----- Records provided -----

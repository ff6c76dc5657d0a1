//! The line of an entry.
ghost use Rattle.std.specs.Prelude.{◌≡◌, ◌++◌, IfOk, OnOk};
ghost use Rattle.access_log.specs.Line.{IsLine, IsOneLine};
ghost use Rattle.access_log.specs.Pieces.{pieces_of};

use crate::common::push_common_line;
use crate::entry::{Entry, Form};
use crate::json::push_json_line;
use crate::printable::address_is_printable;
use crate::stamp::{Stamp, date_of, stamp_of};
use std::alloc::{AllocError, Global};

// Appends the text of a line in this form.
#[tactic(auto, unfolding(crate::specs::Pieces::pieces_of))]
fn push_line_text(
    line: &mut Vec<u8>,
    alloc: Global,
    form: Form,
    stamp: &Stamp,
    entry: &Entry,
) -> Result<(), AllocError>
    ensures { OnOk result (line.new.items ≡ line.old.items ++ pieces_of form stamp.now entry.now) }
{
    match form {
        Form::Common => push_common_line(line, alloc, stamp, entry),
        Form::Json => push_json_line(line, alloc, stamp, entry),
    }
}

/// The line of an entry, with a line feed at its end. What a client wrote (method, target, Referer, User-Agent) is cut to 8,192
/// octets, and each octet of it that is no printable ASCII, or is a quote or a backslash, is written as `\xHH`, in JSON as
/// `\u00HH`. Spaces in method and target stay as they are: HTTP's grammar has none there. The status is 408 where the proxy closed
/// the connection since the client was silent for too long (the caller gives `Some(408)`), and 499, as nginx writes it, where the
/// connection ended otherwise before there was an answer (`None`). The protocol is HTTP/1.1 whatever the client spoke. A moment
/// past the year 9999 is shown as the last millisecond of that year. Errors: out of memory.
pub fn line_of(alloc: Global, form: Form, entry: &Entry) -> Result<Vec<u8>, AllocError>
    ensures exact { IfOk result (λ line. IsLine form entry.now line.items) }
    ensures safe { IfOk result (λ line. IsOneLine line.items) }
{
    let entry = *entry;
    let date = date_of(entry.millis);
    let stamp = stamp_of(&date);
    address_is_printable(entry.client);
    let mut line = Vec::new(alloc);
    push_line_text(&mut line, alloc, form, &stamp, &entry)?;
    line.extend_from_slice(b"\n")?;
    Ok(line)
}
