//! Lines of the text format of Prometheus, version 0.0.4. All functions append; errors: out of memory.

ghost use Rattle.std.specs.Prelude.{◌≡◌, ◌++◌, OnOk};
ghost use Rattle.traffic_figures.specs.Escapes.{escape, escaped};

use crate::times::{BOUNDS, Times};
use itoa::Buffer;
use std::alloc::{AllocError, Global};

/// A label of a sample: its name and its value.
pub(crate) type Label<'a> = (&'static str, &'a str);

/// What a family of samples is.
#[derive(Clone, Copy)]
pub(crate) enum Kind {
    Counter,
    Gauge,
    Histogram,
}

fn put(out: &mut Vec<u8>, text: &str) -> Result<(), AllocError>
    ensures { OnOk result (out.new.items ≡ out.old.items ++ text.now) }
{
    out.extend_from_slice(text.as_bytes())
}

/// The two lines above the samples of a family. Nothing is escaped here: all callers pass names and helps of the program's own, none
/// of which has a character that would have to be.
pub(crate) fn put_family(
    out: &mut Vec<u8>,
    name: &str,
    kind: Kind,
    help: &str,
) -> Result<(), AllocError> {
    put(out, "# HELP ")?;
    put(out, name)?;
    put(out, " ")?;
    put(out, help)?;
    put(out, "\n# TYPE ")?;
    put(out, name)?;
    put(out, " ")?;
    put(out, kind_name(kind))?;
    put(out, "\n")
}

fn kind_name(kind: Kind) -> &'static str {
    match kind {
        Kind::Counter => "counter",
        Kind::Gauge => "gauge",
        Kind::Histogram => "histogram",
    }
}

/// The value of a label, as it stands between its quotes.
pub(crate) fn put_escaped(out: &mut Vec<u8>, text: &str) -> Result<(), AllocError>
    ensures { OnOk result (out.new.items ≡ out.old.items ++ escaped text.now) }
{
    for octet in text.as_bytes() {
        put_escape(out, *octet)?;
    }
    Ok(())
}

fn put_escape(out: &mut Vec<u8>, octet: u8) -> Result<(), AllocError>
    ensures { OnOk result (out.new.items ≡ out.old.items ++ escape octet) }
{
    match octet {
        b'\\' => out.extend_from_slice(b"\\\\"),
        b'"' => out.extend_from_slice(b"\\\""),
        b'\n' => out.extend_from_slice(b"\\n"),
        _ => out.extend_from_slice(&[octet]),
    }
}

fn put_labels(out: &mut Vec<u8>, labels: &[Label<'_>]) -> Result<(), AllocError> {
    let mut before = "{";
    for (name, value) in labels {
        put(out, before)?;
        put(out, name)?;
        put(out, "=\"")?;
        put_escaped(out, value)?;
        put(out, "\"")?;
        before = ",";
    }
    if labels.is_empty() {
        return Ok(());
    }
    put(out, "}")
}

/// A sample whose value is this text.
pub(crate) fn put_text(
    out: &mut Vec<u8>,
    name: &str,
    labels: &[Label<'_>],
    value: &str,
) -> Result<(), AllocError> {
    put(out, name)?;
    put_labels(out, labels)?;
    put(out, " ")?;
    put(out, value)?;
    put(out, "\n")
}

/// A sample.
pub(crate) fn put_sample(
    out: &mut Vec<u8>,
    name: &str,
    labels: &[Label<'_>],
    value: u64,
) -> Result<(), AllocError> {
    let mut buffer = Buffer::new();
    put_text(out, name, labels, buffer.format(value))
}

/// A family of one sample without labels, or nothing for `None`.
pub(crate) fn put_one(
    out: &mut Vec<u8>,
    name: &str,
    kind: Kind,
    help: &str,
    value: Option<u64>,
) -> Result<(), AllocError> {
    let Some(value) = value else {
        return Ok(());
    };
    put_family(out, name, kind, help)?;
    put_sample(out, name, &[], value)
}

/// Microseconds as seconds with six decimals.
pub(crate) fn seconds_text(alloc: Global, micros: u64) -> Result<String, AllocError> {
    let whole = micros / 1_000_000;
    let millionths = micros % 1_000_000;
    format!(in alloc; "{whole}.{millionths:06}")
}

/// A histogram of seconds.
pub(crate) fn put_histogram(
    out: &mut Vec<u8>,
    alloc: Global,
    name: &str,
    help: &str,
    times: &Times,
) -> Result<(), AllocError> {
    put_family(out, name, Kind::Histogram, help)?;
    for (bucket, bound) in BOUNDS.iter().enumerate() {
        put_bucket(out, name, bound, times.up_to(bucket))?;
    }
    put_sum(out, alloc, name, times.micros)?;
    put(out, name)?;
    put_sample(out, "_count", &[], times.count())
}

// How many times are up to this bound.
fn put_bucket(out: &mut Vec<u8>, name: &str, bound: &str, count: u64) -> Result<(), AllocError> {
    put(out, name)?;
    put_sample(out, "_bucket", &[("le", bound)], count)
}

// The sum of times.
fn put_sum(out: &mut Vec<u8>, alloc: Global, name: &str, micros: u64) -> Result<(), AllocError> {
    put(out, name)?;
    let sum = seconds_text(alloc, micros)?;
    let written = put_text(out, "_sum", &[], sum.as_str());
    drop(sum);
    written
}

-----

• [Aim of the exercise]: Return all lines from the entries that contain the string "Rattle".

• [Task output]:
ghost use Rattle.std.specs.Prelude.{◌≡◌, ◌++◌, IfOk, OnOk};
ghost use Rattle.access_log.specs.Line.{IsLine, IsOneLine};
ghost use Rattle.access_log.specs.Pieces.{pieces_of};
ghost use Rattle.std.specs.Prelude.{◌≡◌, ◌++◌, OnOk};
ghost use Rattle.traffic_figures.specs.Escapes.{escape, escaped};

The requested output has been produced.